### What needs to be done
Begin with the first line of the entries below and reproduce each line exactly, ending with the line that holds "fn middle(alloc: Global, whole: bool)".

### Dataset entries
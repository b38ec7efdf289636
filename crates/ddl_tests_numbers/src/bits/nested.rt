ghost use Rattle.ddl_bits.specs.Accepted.{PartAccepted};
ghost use Rattle.ddl_bits.specs.Verdict.{HasAcceptedParts};
ghost use Rattle.ddl_bits.specs.View.{layout_view, part_view};
ghost use Rattle.std.specs.Prelude.{IfOk};

use super::error;
use ddl_base::NoMemory;
use ddl_bits::{BitError, Gap, Layout, LayoutPart, check, covered, fits};
use ddl_samples::layouts::{alone, any, either, given, inner, one, two};
use std::alloc::Global;

// { x : { a = 0b0 }, _ : uint 1 }, or with { a = 0b0; b = 0b1 } where it is whole
fn middle(alloc: Global, whole: bool) -> Result<LayoutPart, NoMemory>
    ensures { IfOk result (λ p. PartAccepted (part_view p)) }
{
    let leaf = if whole {
        either(alloc, one(alloc, given(0, 1))?, one(alloc, given(1, 1))?)?
    } else {
        alone(alloc, one(alloc, given(0, 1))?)?
    };
    inner(
        alloc,
        alone(alloc, two(alloc, inner(alloc, leaf)?, any(1))?)?,
    )
}

// a = { 0b0, m : middle }; b = { 0b1, m : middle }
fn three_deep(alloc: Global, whole: bool) -> Result<Layout, NoMemory>
    ensures { IfOk result (λ l. HasAcceptedParts (layout_view l)) }
{
    either(
        alloc,
        two(alloc, given(0, 1), middle(alloc, whole)?)?,
        two(alloc, given(1, 1), middle(alloc, whole)?)?,
    )
}

// a = 0bXX; b = 0bYY
fn of_two_numbers(alloc: Global, first: u128, second: u128) -> Result<LayoutPart, NoMemory>
    ensures { IfOk result (λ p. PartAccepted (part_view p)) }
{
    inner(
        alloc,
        either(
            alloc,
            one(alloc, given(first, 2))?,
            one(alloc, given(second, 2))?,
        )?,
    )
}

#[test]
fn a_gap_three_deep_is_found(rt: HostRuntime) -> Result<(), NoMemory> {
    let alloc = rt.alloc();
    match check(alloc, three_deep(alloc, true)?) {
        Err(_error) => panic!(rt; "refused"),
        Ok(whole) => {
            assert_eq!(rt; fits(&whole, 3), Some(0));
            assert_eq!(rt; fits(&whole, 6), Some(1));
            assert_eq!(rt; covered(&whole), Ok(()));
        }
    }
    match check(alloc, three_deep(alloc, false)?) {
        Err(_error) => panic!(rt; "refused"),
        Ok(part) => {
            assert_eq!(rt; fits(&part, 1), Some(0));
            assert_eq!(rt; fits(&part, 2), None);
            assert_eq!(rt; fits(&part, 5), Some(1));
            assert_eq!(rt; covered(&part), Err(Gap::Number(2)));
        }
    }
    Ok(())
}

#[test]
fn inner_layouts_share_a_number_or_none(rt: HostRuntime) -> Result<(), NoMemory> {
    let alloc = rt.alloc();
    // { 0b0, m : middle } has 0 and 1, and { _ : uint 1, 0b01 } has 1 and 5
    let beside = either(
        alloc,
        two(alloc, given(0, 1), middle(alloc, false)?)?,
        two(alloc, any(1), given(1, 2))?,
    )?;
    assert_eq!(rt; error(alloc, beside), Some(BitError::Overlap(0, 1, 1)));
    // 1, 2, 5 and 6 fit the one, and 0, 1, 6 and 7 the other
    let shifted = either(
        alloc,
        two(alloc, any(1), of_two_numbers(alloc, 1, 2)?)?,
        two(alloc, of_two_numbers(alloc, 0, 3)?, any(1))?,
    )?;
    assert_eq!(rt; error(alloc, shifted), Some(BitError::Overlap(0, 1, 1)));
    // at one place they have no number in common
    let apart = either(
        alloc,
        two(alloc, any(100), of_two_numbers(alloc, 1, 2)?)?,
        two(alloc, any(100), of_two_numbers(alloc, 0, 3)?)?,
    )?;
    match check(alloc, apart) {
        Err(_error) => panic!(rt; "refused"),
        Ok(all) => assert_eq!(rt; covered(&all), Ok(())),
    }
    Ok(())
}

// { _ : uint 60, 0bXX } or { _ : uint 60, 0bYY }
fn wide(alloc: Global, first: u128, second: u128) -> Result<LayoutPart, NoMemory>
    ensures { IfOk result (λ p. PartAccepted (part_view p)) }
{
    inner(
        alloc,
        either(
            alloc,
            two(alloc, any(60), given(first, 2))?,
            two(alloc, any(60), given(second, 2))?,
        )?,
    )
}

#[test]
fn wide_inner_layouts_are_told_apart_by_their_lowest_bits(rt: HostRuntime) -> Result<(), NoMemory> {
    let alloc = rt.alloc();
    let apart = either(
        alloc,
        two(alloc, any(1), wide(alloc, 0, 1)?)?,
        two(alloc, any(1), wide(alloc, 2, 3)?)?,
    )?;
    assert_eq!(rt; error(alloc, apart), None);
    let shared = either(
        alloc,
        two(alloc, any(1), wide(alloc, 1, 2)?)?,
        two(alloc, any(1), wide(alloc, 2, 3)?)?,
    )?;
    assert_eq!(rt; error(alloc, shared), Some(BitError::Overlap(0, 1, 2)));
    // the one ends a bit before the other: bit 1 is 0 in the one and 1 in the other
    let shifted_apart = either(
        alloc,
        two(alloc, any(1), wide(alloc, 0, 1)?)?,
        two(alloc, wide(alloc, 1, 3)?, any(1))?,
    )?;
    assert_eq!(rt; error(alloc, shifted_apart), None);
    let shifted = either(
        alloc,
        two(alloc, any(1), wide(alloc, 1, 2)?)?,
        two(alloc, wide(alloc, 1, 2)?, any(1))?,
    )?;
    assert_eq!(rt; error(alloc, shifted), Some(BitError::Overlap(0, 1, 2)));
    Ok(())
}
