use ddl_base::{NoMemory, Span};
use ddl_samples::names;
use ddl_simple::specified;
use ddl_tree::{Decl, Expr, Item, Module, Name};
use ddl_typed::{Answer, Close, denote};
use ddl_types::{Num, Plain};
use std::alloc::Global;
use std::test::Fail;

fn at(from: u32, to: u32) -> Span {
    names::span(0, from, to)
}

fn name(alloc: Global, text: &[u8], from: u32, to: u32) -> Result<Name, NoMemory> {
    names::name(alloc, text, at(from, to))
}

// def Main = body
fn main_is(alloc: Global, body: Expr) -> Result<Module, NoMemory> {
    let span = at(0, body.span().to);
    let main = Decl::Grammar {
        name: name(alloc, b"Main", 4, 8)?,
        params: Vec::new(alloc),
        result: None,
        body,
        span,
    };
    Ok(Module {
        imports: Vec::new(alloc),
        decls: vec![in alloc; main]?,
    })
}

// block { x = UInt8; ^ NAME }
fn field_and_name(alloc: Global, used: &[u8]) -> Result<Expr, NoMemory> {
    let field = Item::Field {
        name: name(alloc, b"x", 19, 20)?,
        value: Expr::Upper(name(alloc, b"UInt8", 23, 28)?),
        span: at(19, 28),
    };
    let pure = Expr::Pure {
        value: Box::new(alloc, Expr::Lower(name(alloc, used, 32, 33)?))?,
        span: at(30, 33),
    };
    Ok(Expr::Block {
        items: vec![in alloc; field, Item::Plain(pure)]?,
        span: at(11, 35),
    })
}

// What the module of this body answers on an input, where it is one that runs.
fn answer(alloc: Global, body: Expr, input: &[u8]) -> Result<Option<Answer>, NoMemory> {
    match specified(alloc, &main_is(alloc, body)?)? {
        Some(entry) => Ok(Some(denote(alloc, &entry, input)?)),
        None => Ok(None),
    }
}

// Whether the value is this number.
fn is_number(value: &Plain, number: u128) -> bool {
    match value {
        Plain::Num(Num::Uint(held)) => *held == number,
        _ => false,
    }
}

// Whether the value is a record of one field with this number.
fn is_record(value: &Plain, name: &[u8], number: u128) -> bool {
    match value {
        Plain::Record { names, values } => match (names.as_slice(), values.as_slice()) {
            ([called], [held]) => called.get() == name && is_number(held, number),
            _ => false,
        },
        _ => false,
    }
}

// Whether the one parse is such a record, and ends there in the input.
fn gives_record(answer: &Answer, name: &[u8], number: u128, end: u64) -> bool {
    match answer.parses.as_slice() {
        [parse] => {
            answer.closing == Close::Parses
                && parse.in_input
                && parse.end == end
                && is_record(&parse.value, name, number)
        }
        _ => false,
    }
}

#[test]
fn a_field_and_its_use_are_specified(rt: HostRuntime) -> Result<(), Fail> {
    let alloc = rt.alloc();
    match answer(alloc, field_and_name(alloc, b"x")?, b"a")? {
        Some(answer) => assert!(rt; gives_record(&answer, b"x", 97, 1)),
        None => assert!(rt; false),
    }
    Ok(())
}

#[test]
fn a_name_that_is_not_bound_specifies_nothing(rt: HostRuntime) -> Result<(), Fail> {
    let alloc = rt.alloc();
    assert!(rt; answer(alloc, field_and_name(alloc, b"z")?, b"a")?.is_none());
    Ok(())
}
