//! The variables of a group's types, numbered in the order of their first appearance.

ghost use Rattle.std.specs.Prelude.{◌≡◌, IfOk, List, length, map};
ghost use Rattle.ddl_types.specs.Types.{on};
ghost use Rattle.ddl_types.specs.TyView.{ty_view};
ghost use Rattle.ddl_types.specs.CondView.{cond_view};
ghost use Rattle.ddl_types.specs.Conditions.{on_condition};
ghost use Rattle.ddl_unify.specs.State.{solution};
ghost use Rattle.ddl_judging.specs.Views.{shapes_view};
ghost use Rattle.ddl_schemes.specs.Order.{AreVariables};
ghost use Rattle.ddl_schemes.specs.Renaming.{renaming, seen, shared, shared_condition};

use crate::sharing::{Sharing, share};
use crate::walk::walk;
use ddl_base::NoMemory;
use ddl_judging::Shapes;
use ddl_types::{Change, Cond, Leaves, Ty, changed_cond, mapped};
use ddl_unify::Solver;
use indexmap::IndexSet;
use std::alloc::Global;
use std::marker::Model;

/// The variables of a group's types: each has as its number its place in the order of first
/// appearance. Contracts see that list.
#[derive(Drop)]
pub struct Numbering {
    variables: IndexSet<u32>,
}

impl Model for Numbering {
    ghost use Rattle.std.specs.Prelude.{List, ℕ, ◌<◌, ◌^◌, length};

    ghost Value = { List ℕ };

    ghost view = { λ n. n.variables.keys };

    ghost invariant = { λ n. length n.variables.keys < 2 ^ 32 };
}

impl Leaves for Numbering {
    ghost fits = { λ s v. Unit {0} };

    ghost sub = { λ s. renaming s 0 };

    #[tactic(auto, using(ddl_types::proofs::TyLayers::layers, crate::proofs::Numbers::numbers))]
    fn at(&self, _alloc: Global, variable: u32) -> Result<Ty, NoMemory> {
        match self.variables.get_index_of(&variable) {
            Some(number) => Ok(Ty::Var(number as u32)),
            None => Ok(Ty::Unit),
        }
    }
}

/// The types of the group as they are seen from other groups.
#[derive(Clone, Copy)]
struct Seen<'a> {
    numbering: &'a Numbering,
    solver: &'a Solver,
    first: u32,
}

impl<'a> Change for Seen<'a> {
    ghost can = { λ s t. Unit {0} };

    ghost to = { λ s. seen s.first s.numbering.now (solution s.solver.now) };

    fn change(&self, alloc: Global, t: &Ty) -> Result<Ty, NoMemory> {
        self.numbering.shared(alloc, self.solver, self.first, t)
    }
}

impl Numbering {
    /// The variables of a group whose declarations have these types: of each those of its parameters,
    /// then its own. The members of a record or union of the group are walked where it appears first.
    pub fn of(
        alloc: Global,
        solver: &Solver,
        shapes: &Shapes,
        roots: &[Ty],
    ) -> Result<Numbering, NoMemory>
        ensures { IfOk result (AreVariables (shapes_view shapes.now) (solution solver.now) (map ty_view roots.now)) }
    {
        let found = walk(alloc, solver, shapes, roots)?;
        if found.variables.len() > u32::MAX as usize {
            return Err(NoMemory);
        }
        Ok(Numbering {
            variables: found.variables,
        })
    }

    /// How many there are.
    pub fn count(&self) -> usize
        ensures { result ≡ length self.now }
    {
        self.variables.len()
    }

    /// A type of the group as it is solved, with its variables by their numbers. A variable that
    /// stands in no type of a declaration becomes the type of `{}`.
    #[tactic(auto, using(ddl_types::proofs::Mapping::each_free))]
    pub fn renamed(&self, alloc: Global, solver: &Solver, of: &Ty) -> Result<Ty, NoMemory>
        ensures { IfOk result (λ r. ty_view r ≡ on (on (ty_view of.now) (solution solver.now)) (renaming self.now 0)) }
    {
        let read = solver.read(of)?;
        mapped(alloc, self, &read)
    }

    /// The same as it is seen from other groups, where each record and union of this group, which are
    /// those from number `first` on, has all its variables as arguments.
    pub fn shared(
        &self,
        alloc: Global,
        solver: &Solver,
        first: u32,
        of: &Ty,
    ) -> Result<Ty, NoMemory>
        ensures { IfOk result (λ r. ty_view r ≡ shared first (length self.now)
            (on (on (ty_view of.now) (solution solver.now)) (renaming self.now 0))) }
    {
        let renamed = self.renamed(alloc, solver, of)?;
        let sharing = Sharing {
            first,
            count: self.variables.len() as u32,
        };
        share(alloc, sharing, &renamed)
    }

    /// A kept condition as it is seen from other groups.
    #[tactic(auto, using(crate::proofs::Sharings::seen_condition))]
    pub fn shared_cond(
        &self,
        alloc: Global,
        solver: &Solver,
        first: u32,
        cond: &Cond,
    ) -> Result<Cond, NoMemory>
        ensures { IfOk result (λ c. cond_view c
            ≡ shared_condition first (length self.now)
            (on_condition (renaming self.now 0) (on_condition (solution solver.now) (cond_view cond.now)))) }
    {
        let seen = Seen {
            numbering: self,
            solver,
            first,
        };
        changed_cond(alloc, &seen, cond)
    }
}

### Response to this task
repository b38ec7efdf289636
filename crates/ddl_tests_numbers/src/bits/nested.rt
ghost use Rattle.ddl_bits.specs.Accepted.{PartAccepted};
ghost use Rattle.ddl_bits.specs.Verdict.{HasAcceptedParts};
ghost use Rattle.ddl_bits.specs.View.{layout_view, part_view};
ghost use Rattle.std.specs.Prelude.{IfOk};

use super::error;
use ddl_base::NoMemory;
use ddl_bits::{BitError, Gap, Layout, LayoutPart, check, covered, fits};
use ddl_samples::layouts::{alone, any, either, given, inner, one, two};
use std::alloc::Global;

// { x : { a = 0b0 }, _ : uint 1 }, or with { a = 0b0; b = 0b1 } where it is whole
fn middle(alloc: Global, whole: bool) -> Result<LayoutPart, NoMemory>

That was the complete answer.